* _Task_: From the first line to the last, reproduce the records exactly.

(Records from a data collection)
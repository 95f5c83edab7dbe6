//! The marker in place of an attribute that is printed in the section.

pub use crate::irfmt::marker::{OUTLINED_ATTR_MARKER, outlined_marker_or};
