//! The marker in place of an attribute that is printed in the section.
ghost use Rattle.irtext_base.specs.Faults.{characters};
ghost use Rattle.irtext_tokens.specs.Lists.{AlwaysKeepsRules, Calls, KeepsRules, UnlessFailed};
ghost use Rattle.irtext_grammar.specs.Readers.Marker.{MarkerOr, TakesWord};

use irtext_base::parsable::{CharStream, ParseResult};
use irtext_base::result::Cause;
use irtext_tokens::irfmt::faults::refuse;

/// The marker in place of an attribute that is printed in the section.
pub const OUTLINED_ATTR_MARKER: &'static str = "!outlined";

/// Consumes white space and a fixed text after it, if the whole text comes next, and returns whether it does. If it does not, the stream
/// is unchanged.
fn take_text<S: CharStream>(stream: &mut S, text: &str) -> bool
    ensures { TakesWord S.view S.at (characters text.now) stream.old result stream.new }
{
    stream.accept_spaced(text)
}

/// Parses optional white space and the marker, as `!outlined`, and returns `Ok(None)`. If the whole marker does not come next, calls
/// `item` on the unchanged stream, and returns its value in `Ok(Some(_))` or its error. On a stream that has failed the error is
/// `StreamFailed`.
pub fn outlined_marker_or<
    S: CharStream,
    X: Drop,
    A: Drop,
    F: FnMut(&mut S) -> ParseResult<X, A> + Drop,
>(stream: &mut S, mut item: F) -> ParseResult<Option<X>, A>
where
    requires callable { F.IsAlwaysCallable item }
    requires rules { AlwaysKeepsRules S.view S.at (λ r. r) F.FnMut }
    ensures answers { UnlessFailed S.view S.at
        (MarkerOr S.view S.at (Calls (λ r. r) F.FnMut) item)
        (S.view stream.old).failed stream.old result stream.new }
    ensures kept { KeepsRules S.view S.at stream.old result stream.new }
{
    if stream.has_failed() {
        return Err(refuse(stream, Cause::StreamFailed));
    }
    if take_text(stream, OUTLINED_ATTR_MARKER) {
        return Ok(None);
    }
    match item(stream) {
        Ok(x) => Ok(Some(x)),
        Err(fault) => Err(fault),
    }
}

* _Task output_:
repository 95f5c83edab7dbe6
//! The marker in place of an attribute that is printed in the section.

pub use crate::irfmt::marker::{OUTLINED_ATTR_MARKER, outlined_marker_or};
//! The marker in place of an attribute that is printed in the section.
ghost use Rattle.irtext_base.specs.Faults.{characters};
ghost use Rattle.irtext_tokens.specs.Lists.{AlwaysKeepsRules, Calls, KeepsRules, UnlessFailed};
ghost use Rattle.irtext_grammar.specs.Readers.Marker.{MarkerOr, TakesWord};

use irtext_base::parsable::{CharStream, ParseResult};
use irtext_base::result::Cause;
use irtext_tokens::irfmt::faults::refuse;

/// The marker in place of an attribute that is printed in the section.
pub const OUTLINED_ATTR_MARKER: &'static str = "!outlined";

/// Consumes white space and a fixed text after it, if the whole text comes next, and returns whether it does. If it does not, the stream
/// is unchanged.
fn take_text<S: CharStream>(stream: &mut S, text: &str) -> bool
    ensures { TakesWord S.view S.at (characters text.now) stream.old result stream.new }
{
    stream.accept_spaced(text)
}

/// Parses optional white space and the marker, as `!outlined`, and returns `Ok(None)`. If the whole marker does not come next, calls
/// `item` on the unchanged stream, and returns its value in `Ok(Some(_))` or its error. On a stream that has failed the error is
/// `StreamFailed`.
pub fn outlined_marker_or<
    S: CharStream,
    X: Drop,
    A: Drop,
    F: FnMut(&mut S) -> ParseResult<X, A> + Drop,
>(stream: &mut S, mut item: F) -> ParseResult<Option<X>, A>
where
    requires callable { F.IsAlwaysCallable item }
    requires rules { AlwaysKeepsRules S.view S.at (λ r. r) F.FnMut }
    ensures answers { UnlessFailed S.view S.at
        (MarkerOr S.view S.at (Calls (λ r. r) F.FnMut) item)
        (S.view stream.old).failed stream.old result stream.new }
    ensures kept { KeepsRules S.view S.at stream.old result stream.new }
{
    if stream.has_failed() {
        return Err(refuse(stream, Cause::StreamFailed));
    }
    if take_text(stream, OUTLINED_ATTR_MARKER) {
        return Ok(None);
    }
    match item(stream) {
        Ok(x) => Ok(Some(x)),
        Err(fault) => Err(fault),
    }
}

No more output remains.